The company — and world’s leading chip-set maker for mobile handsets — passed an ambitious stock screen La Monica ran. And so far, that screen seems to be right on the money. QCOM has climbed over 8% so far this year, barely lagging the S&P 500.
Plus, the big “Q” gave made good moves in early March: It boosted its dividend 40%, authorized more buybacks and gave a forecast for continued growth thanks to surging smartphone demand and the rise in tablet sales and other wireless technology.
More specifically, the company’s CEO expects double-digit revenue and earnings per share increases over the next five years.
Of course, for this contest, 2013 is the only year that matters. Still, Qualcomm has also already raised its full-year 2013 guidance and is only a couple bucks away from a 52-week high.
That’s a pretty solid performance just a quarter into the game.
Current Return: 10%
Investor: Louis Navellier
Also climbing up four spots over the last month is Louis Navellier’s “recession-proof” pick of Sherwin-Williams (NYSE:SHW). The company started off the year strong, but took a hefty dip in late February — possibly thanks to a few signs of housing weakness.
Since that low, though, SHW has gained back all of those losses to once again boast a year-to-date climb nearly in the double digits. Plus, the housing recovery keeps looking strong — definitely a bullish sign for the nation’s largest producer of paints and coatings.
Heck, Sherwin-Williams even has a solid track record when the economic landscape is bleak — part of the reason Navellier picked it in in the first place.
But then again, with 52-week gains of 60% in the books, one might as wonder how much further the booming company — which also recently boosted its dividend — can really climb. Of course, we still have three more quarters to find out.
Q1 Return: +13%
Investor: Jon Markman
Jon Markman — another contest veteran — has been steadily at the front of the pack so far this year. In fact, as of our last check-in, he was sitting pretty in first place.
Markman was prepared from the get-go for a rocky time in the U.S. — even though domestic equities keep looking better and better in the face of global struggles. Still, that was why he looked south for growth … and so far, the south is looking strong.
Mexico-based Fomento Economico Mexicano (NYSE:FMX) — commonly known as Femsa — is our first pick to beat the broader market thanks to a 13% three-month climb. That brings in one-year return to an impressive 48%, or around four times the broader market.
Plus, FMX’s fall to second place wasn’t really thanks to a fall in the stock — it did slip slightly in late February, but has gained 5% in the past week alone — but simply a rocket climb by the current leader … until recently, that is.
#1: Two Harbors
Q1 Return: +14%
Investor: Steve Freehill
Just a few days ago, Two Harbors (NYSE:TWO) was more than doubling the second-place contender.
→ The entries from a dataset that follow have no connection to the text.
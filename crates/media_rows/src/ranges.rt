//! Tests on ranges, by the definitions that the library's rules cite and by points.
ghost use Rattle.std.specs.Prelude.{◌≡◌, ◌↔◌, IsTrue, Option};
ghost use Rattle.time_range.specs.Points.{Covers, IsRange, Overlap};
ghost use Rattle.media_rows.specs.Ranges.{covers, hull, overlaps};
ghost use Rattle.time_range.specs.declared.ranges.Span.{Span};

use time_range::TimeRange;

/// Whether some point is in both ranges.
pub fn range_overlaps(left: &TimeRange, right: &TimeRange) -> bool
    ensures test { result ≡ overlaps left.now right.now }
    ensures points { IsTrue result ↔ Overlap left.now right.now }
{
    range_is_sound(left);
    range_is_sound(right);
    left.overlaps(right)
}

/// Whether each point of the inner range is in the outer one.
pub fn range_covers(outer: &TimeRange, inner: &TimeRange) -> bool
    ensures test { result ≡ covers outer.now inner.now }
    ensures points { IsTrue result ↔ Covers outer.now inner.now }
{
    range_is_sound(outer);
    range_is_sound(inner);
    outer.covers(inner)
}

/// The least range that covers both.
pub fn range_hull(left: &TimeRange, right: &TimeRange) -> TimeRange
    ensures value { result ≡ hull left.now right.now }
    ensures left { Covers result left.now }
    ensures right { Covers result right.now }
    ensures least { (range : Option Span) → Covers range left.now → Covers range right.now
        → Covers range result }
{
    range_is_sound(left);
    range_is_sound(right);
    let both = left.hull(right);
    range_is_sound(&both);
    both
}

/// What is true of each range, gathered from its calls: its ends are in order and within the limit.
fn range_is_sound(range: &TimeRange)
    ensures { IsRange range.now }
{
    // Each call tells its part.
    let _low = range.low();
    let _high = range.high();
    let _never = range.is_never();
}
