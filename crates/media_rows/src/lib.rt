//! The rows, commands, changes, replies and refusals of the library, and the definitions that say
//! what each command answers and what each change makes. The crates above compute them.
#![tactic(auto)]

mod change;
mod command;
mod digests;
mod essence;
mod event;
mod flow;
mod hook;
mod ids;
mod moments;
mod object;
mod order;
mod part;
mod ranges;
mod refusal;
mod reply;
mod request;
mod row;
mod segment;
mod source;
mod texts;

pub use crate::change::Change;
pub use crate::command::{
    Command, FlowFilter, Page, Query, SegmentFilter, SourceFilter, TagTest, TagTests, Want,
};
pub use crate::digests::{digest_of, print_digest};
pub use crate::essence::{holds_float, is_essence};
pub use crate::event::{EventKind, EventList, EventRow, EventRowList, Happened, HappenedList};
pub use crate::flow::{FlowBody, FlowList, FlowRow, FormatKind, Member, MemberList, Tag, TagList};
pub use crate::hook::{Hook, HookList, HookRow};
pub use crate::ids::{is_object_id, print_id, read_id};
pub use crate::moments::moment_text;
pub use crate::object::{Digest, Extent, ObjectList, ObjectRow, ObjectState};
pub use crate::order::{text_before, texts_have_an_order};
pub use crate::part::{Part, PartName};
pub use crate::ranges::{range_covers, range_hull, range_overlaps};
pub use crate::refusal::{ApplyFault, BookFault, Refusal};
pub use crate::reply::{
    FailedList, FailedSegment, FlowShown, FlowShownList, HookShown, HookShownList, Reply,
    SortedPosts, View,
};
pub use crate::request::{DeleteList, DeleteRow, DeleteStatus, Deletion};
pub use crate::row::{Row, RowList};
pub use crate::segment::{PostList, Segment, SegmentList, SegmentRow};
pub use crate::source::{IdList, SourceList, SourceRow};
pub use crate::texts::is_utf8;
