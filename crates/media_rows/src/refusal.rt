//! Refusals: why a request isn't done. Each has a number, a status and a name in the table of
//! `specs/RefusalTable.antt`.
ghost use Rattle.std.specs.Prelude.{◌≡◌};
ghost use Rattle.media_rows.specs.RefusalTable.{refusal_number, refusal_status};

use crate::object::Digest;
use disk_trait::{Memory, Text};
use time_range::TimeRange;

/// A refusal, with its detail where it has one: the name of a member, a query's name, a part, the id
/// of a flow or an object, the range of a kept segment, or the digest that is kept of an object's bytes
/// and the one that was found.
#[derive(Drop)]
pub enum Refusal {
    BadHead,
    BadFraming,
    LengthRequired,
    TooLarge,
    Coding,
    NoRoute,
    NoMethod,
    NotJson,
    Fractional,
    Missing(Text),
    WrongKind(Text),
    TooLong(Text),
    OutOfRange(Text),
    BadTimerange(Text),
    BadQuery(Text),
    NoSource,
    NoFlow,
    UnknownObject,
    NoRequest,
    NotSet(Text),
    Deleting,
    ReadOnly,
    SourceFormat,
    FlowChanged,
    CollectsItself,
    CollectedMissing(u128),
    IdTaken(Text),
    OtherBytes,
    NoObject(Text),
    Overlap(TimeRange),
    JournalFull,
    MediaFull,
    ObjectDamaged { kept: Digest, found: Digest },
}

impl Refusal {
    /// The number of the refusal: 1 to 33.
    pub fn number(&self) -> u8
        ensures { result ≡ refusal_number self.now }
    {
        match self {
            Refusal::BadHead => 1,
            Refusal::BadFraming => 2,
            Refusal::LengthRequired => 3,
            Refusal::TooLarge => 4,
            Refusal::Coding => 5,
            Refusal::NoRoute => 6,
            Refusal::NoMethod => 7,
            Refusal::NotJson => 8,
            Refusal::Fractional => 9,
            Refusal::Missing(_) => 10,
            Refusal::WrongKind(_) => 11,
            Refusal::TooLong(_) => 12,
            Refusal::OutOfRange(_) => 13,
            Refusal::BadTimerange(_) => 14,
            Refusal::BadQuery(_) => 15,
            Refusal::NoSource => 16,
            Refusal::NoFlow => 17,
            Refusal::UnknownObject => 18,
            Refusal::NoRequest => 19,
            Refusal::NotSet(_) => 20,
            Refusal::Deleting => 21,
            Refusal::ReadOnly => 22,
            Refusal::SourceFormat => 23,
            Refusal::FlowChanged => 24,
            Refusal::CollectsItself => 25,
            Refusal::CollectedMissing(_) => 26,
            Refusal::IdTaken(_) => 27,
            Refusal::OtherBytes => 28,
            Refusal::NoObject(_) => 29,
            Refusal::Overlap(_) => 30,
            Refusal::JournalFull => 31,
            Refusal::MediaFull => 32,
            Refusal::ObjectDamaged { .. } => 33,
        }
    }

    /// The status with which the refusal is answered (RFC 9110, section 15).
    pub fn status(&self) -> u16
        ensures { result ≡ refusal_status self.now }
    {
        match self {
            Refusal::ReadOnly => 403,
            Refusal::NoRoute
            | Refusal::NoSource
            | Refusal::NoFlow
            | Refusal::UnknownObject
            | Refusal::NoRequest
            | Refusal::NotSet(_) => 404,
            Refusal::NoMethod => 405,
            Refusal::Deleting | Refusal::IdTaken(_) | Refusal::OtherBytes => 409,
            Refusal::ObjectDamaged { .. } => 410,
            Refusal::LengthRequired => 411,
            Refusal::TooLarge => 413,
            Refusal::Coding => 415,
            Refusal::JournalFull | Refusal::MediaFull => 507,
            _ => 400,
        }
    }
}

/// Why a book's call gives no new book.
#[derive(Drop)]
pub enum BookFault {
    Refused(Refusal),
    Memory,
}

/// Why rows or a change give no book or library: the rules refuse them, or there was no memory.
#[derive(Clone, Copy, Debug, PartialEq, Eq)]
pub enum ApplyFault {
    Refused,
    Memory,
}

impl From<Memory> for BookFault {
    ghost use Rattle.media_rows.specs.declared.refusal.BookFault.TheVariants.{Memory};

    ghost from_gives = { λ _ e. e ≡ Memory };

    fn from(_: Memory) -> Self {
        BookFault::Memory
    }
}

impl From<Memory> for ApplyFault {
    ghost use Rattle.media_rows.specs.declared.refusal.ApplyFault.TheVariants.{Memory};

    ghost from_gives = { λ _ e. e ≡ Memory };

    fn from(_: Memory) -> Self {
        ApplyFault::Memory
    }
}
On Thursday, though, the stock opened to nearly double-digit losses, dwindling its year-to-date climb to 14%.
That’s a pretty good problem to have — a huge selloff that still leaves you in first place … just not by as much … and still ahead of the broader market. Plus, it’s especially impressive considering “expert” Steve Freehill isn’t an expert at all, but an InvestorPlace-selected reader entry.
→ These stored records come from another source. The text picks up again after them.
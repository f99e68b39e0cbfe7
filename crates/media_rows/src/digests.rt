//! Digests of bytes, and digests in text.
ghost use Rattle.std.specs.Prelude.{◌≡◌, ◌≤◌, ◌++◌, ℕ, List, IfOk, OnOk, drop, length, take};
ghost use Rattle.std.specs.Int.{from_be_bytes, w128};
ghost use Rattle.sha2.specs.Sha256.{sha256};
ghost use Rattle.uuid.specs.Text.{lower, simple_text};
ghost use Rattle.media_rows.specs.Digests.{digest_of, digest_text, half_digest_text};

use crate::object::Digest;
use disk_trait::{Memory, Text};
use sha2::{Digest as _, Sha256};
use std::alloc::Global;
use uuid::Uuid;
use uuid::fmt::Simple;

/// The digest of bytes.
pub fn digest_of(bytes: &[u8]) -> Digest
    ensures { result ≡ digest_of bytes.now }
{
    Digest::from_hash(Sha256::digest(bytes))
}

impl Digest {
    /// The digest with the 32 bytes that a hasher gives.
    #[tactic(auto, unfolding(crate::specs::Digests::digest_of))]
    pub fn from_hash(hash: [u8; 32]) -> Digest
        ensures { (bytes : List ℕ) → hash ≡ sha256 bytes → result ≡ digest_of bytes }
    {
        let (high, low) = hash.split_at(16);
        Digest {
            high: half_of(high),
            low: half_of(low),
        }
    }
}

/// The number that 16 bytes spell.
fn half_of(bytes: &[u8]) -> u128
    requires { length bytes.now ≡ 16 }
    ensures { result ≡ from_be_bytes w128 bytes.now }
{
    let mut half = [0u8; 16];
    half.copy_from_slice(bytes);
    u128::from_be_bytes(half)
}

/// The 64 hexadecimal digits of a digest, in lower case.
pub fn print_digest(alloc: Global, digest: Digest) -> Result<Text, Memory>
    ensures { IfOk result (λ text. text ≡ digest_text digest) }
{
    let mut text = print_half(alloc, digest.high)?;
    text.append(print_half(alloc, digest.low)?.bytes())?;
    Ok(text)
}

/// The 32 hexadecimal digits of 16 bytes, which are those of an id without hyphens (RFC 9562, section 4).
fn print_half(alloc: Global, half: u128) -> Result<Text, Memory>
    ensures { IfOk result (λ text. text ≡ half_digest_text half) }
{
    let mut buffer = Uuid::encode_buffer();
    let spelled = Uuid::from_u128(half).simple();
    let printed = write_half(&spelled, &mut buffer);
    Text::from_bytes(alloc, printed.as_bytes())
}

/// Writes such digits in lower case to the start of a buffer of at least 32 bytes.
fn write_half<'b>(half: &Simple, buffer: &'b mut [u8]) -> &'b str
    requires { 32 ≤ length buffer.old }
    ensures { result.now ≡ simple_text lower half.now }
{
    half.encode_lower(buffer)
}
He chose Two Harbors (NYSE:TWO) for what he said was one big reason: its eye-popping yield. On top of that, it spun off a public company by the name of Silver Bay Realty Trust (NYSE:SBY) in December — a valuable asset.
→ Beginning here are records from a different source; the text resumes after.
//! Changes: what a journal's record says of the library.
use crate::flow::FlowBody;
use crate::hook::Hook;
use crate::object::Digest;
use crate::part::Part;
use crate::segment::PostList;
use disk_trait::{Text, TextList};
use time_range::TimeRange;

/// A change at a moment. Serials stand in no change: they follow from the library's next one.
#[derive(Drop)]
pub enum Change {
    PutFlow {
        moment: u64,
        flow: FlowBody,
    },
    SetFlow {
        moment: u64,
        flow: u128,
        part: Part,
    },
    SetSource {
        moment: u64,
        source: u128,
        part: Part,
    },
    DropFlow {
        moment: u64,
        flow: u128,
    },
    Allocate {
        moment: u64,
        flow: u128,
        objects: TextList,
    },
    /// The digest is missing exactly in what was read from a store of form 1.
    Store {
        moment: u64,
        object: Text,
        start_block: u64,
        length: u64,
        digest: Option<Digest>,
    },
    /// The segments stand in a list whose `single` is false.
    AddSegments {
        moment: u64,
        flow: u128,
        segments: PostList,
    },
    CutSegments {
        moment: u64,
        flow: u128,
        range: TimeRange,
    },
    AskDelete {
        moment: u64,
        flow: u128,
        range: TimeRange,
        delete_flow: bool,
    },
    DeleteStep {
        moment: u64,
    },
    SweepStep {
        moment: u64,
    },
    PutHook {
        moment: u64,
        hook: Hook,
    },
    DropHook {
        moment: u64,
        url: Text,
    },
    /// The event of this serial was delivered to its hook.
    Delivered {
        moment: u64,
        event: u64,
    },
}
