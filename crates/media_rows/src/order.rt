//! The one order of texts: by bytes.
ghost use Rattle.std.specs.Prelude.{◌≡◌};
ghost use Rattle.std.specs.Cmp.{IsTotalOrder};
ghost use Rattle.media_rows.specs.Lists.{text_before, text_cmp};

use disk_trait::Text;

/// Whether a text stands before another, byte by byte; a text stands before each longer one that
/// begins with it.
pub fn text_before(left: &Text, right: &Text) -> bool
    ensures { result ≡ text_before left.now right.now }
{
    left.bytes().cmp(right.bytes()).is_lt()
}

/// A law: the order of texts is a total order.
pub fn texts_have_an_order()
    ensures { IsTotalOrder text_cmp }
{}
But while Two Harbors is still the leader a quarter into the contest, Freehill has to be lamenting the recent dip for another reason: He put his money where his mouth is back in December.
Still, there’s plenty of time left in the year for Freehill to pile up some more profits … and, of course, for the other nine talking heads in the contest to give him a run for his money.
As of this writing, Alyssa Oursler did not hold a position in any of the aforementioned securities.